What lines in the data below mention the string "repository"? Copy them out.

*** PROVIDED RECORDS ***

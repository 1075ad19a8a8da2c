//! Decimal numbers that are exact.

use thiserror::Error;

/// A number as a mantissa and an exponent of ten: `mantissa` times 10 to the `exponent`.
#[derive(Clone, Copy, PartialEq, Eq)]
pub struct Fixed {
    pub mantissa: i64,
    pub exponent: i8,
}

/// Why a text gives no number, tried in this order.
#[derive(Clone, Copy, Debug, PartialEq, Eq, Error)]
pub enum NumberFault {
    /// The text is no number.
    #[error("not a number")]
    NotNumber,
    /// More than 18 digits stand behind the leading zeros, the point taken out.
    #[error("too many digits")]
    TooManyDigits,
    /// The exponent lies outside -30 to 30, or more than 30 digits stand behind the point.
    #[error("too large an exponent")]
    TooLarge,
}
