/// All checks on a rule, and what is kept of it where none fails.
pub fn judge<'a>(
    alloc: Global,
    at: &AtHand<'_, 'a>,
    before: &Before,
) -> Result<Made<'a>, ResolveFault>
    requires at { IsAtHand at.now }
    requires before { IsBefore (given_at at.now) (placed_at at.now) before.now }
    requires forms { RuleHasForms (placed_at at.now).rule }
    ensures made { IfOk result (IsMade (given_at at.now) (placed_at at.now)) }
    ensures passed { OnOk result (first (rule_fault (given_at at.now) (placed_at at.now)) checks ≡ None) }
    ensures refused { IfErr result (λ e. Explains e (first (rule_fault (given_at at.now) (placed_at at.now)) checks)) }
{
    match first_early(alloc, at, &CHECKS)? {
        Some(fault) => Err(refusal(alloc, at, before, fault)),
        None => judge_condition(alloc, at, before),
    }
}
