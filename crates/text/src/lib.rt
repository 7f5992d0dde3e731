// What the texts of RULES, "Files and the report program", share: numbers, times of day, letters, fields, lines, and
// putting bytes into a lent buffer.
#![tactic(auto)]

pub mod clock;
pub mod inner;
pub mod line;
pub mod number;
pub mod same;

***

PROBLEM SOLUTION
repository 1075ad19a8a8da2c
repository 7f5992d0dde3e731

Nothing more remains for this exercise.